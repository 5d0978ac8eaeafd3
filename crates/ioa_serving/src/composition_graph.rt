//! `graph`: pictures of compositions.

ghost use Rattle.std.specs.Prelude.{IfErr, IsErrOf, OnOk};
ghost use Rattle.std.specs.Option.{option_copied};
ghost use Rattle.ioa_device.specs.Devices.{PassesUnless, change};
ghost use Rattle.ioa_device.specs.declared.failure.LogErr.{LogErr};
ghost use Rattle.ioa_device.specs.Failing.{HasFailed};
ghost use Rattle.ioa_serving.specs.Pictures.{IsGraphed, IsUngraphed};

use crate::compile::program_of;
use crate::failure::Failure;
use ioa_device::{OutputDevice, send_all};
use ioa_picture::graph;
use std::alloc::Global;

/// Draws a composition of a source, or an object, by its bytes: writes its graph.
///
/// # Errors
/// Those of `program_of`: nothing was written then. `List` where the device failed in this call, and then a beginning of the graph was
/// written.
pub fn graph_text<W: OutputDevice>(
    alloc: Global,
    text: &[u8],
    composition: Option<&str>,
    output: &mut W,
) -> Result<(), Failure>
    ensures graphs { OnOk result (IsGraphed text.now (option_copied composition.entry) (W.contents output.old) (W.contents output.new)) }
    ensures refused { IfErr result (λ e. IsUngraphed text.now (option_copied composition.entry) (HasFailed (W.failure_count output.old) (W.failure_count output.new))
        (W.contents output.old) (W.contents output.new) e) }
    ensures devices { PassesUnless (IsErrOf result (Failure.List LogErr.Io)) (change W.contents W.failure_count output.old output.new) }
{
    let program = program_of(alloc, text, composition)?;
    let drawn = graph(alloc, &program)?;
    send_all(output, drawn.as_bytes())?;
    Ok(())
}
_ _ _
* Work required
Return each line of the data that contains the string "written".

* Expected answer
/// Those of `program_of`: nothing was written then. `List` where the device failed in this call, and then a beginning of the graph was
/// written.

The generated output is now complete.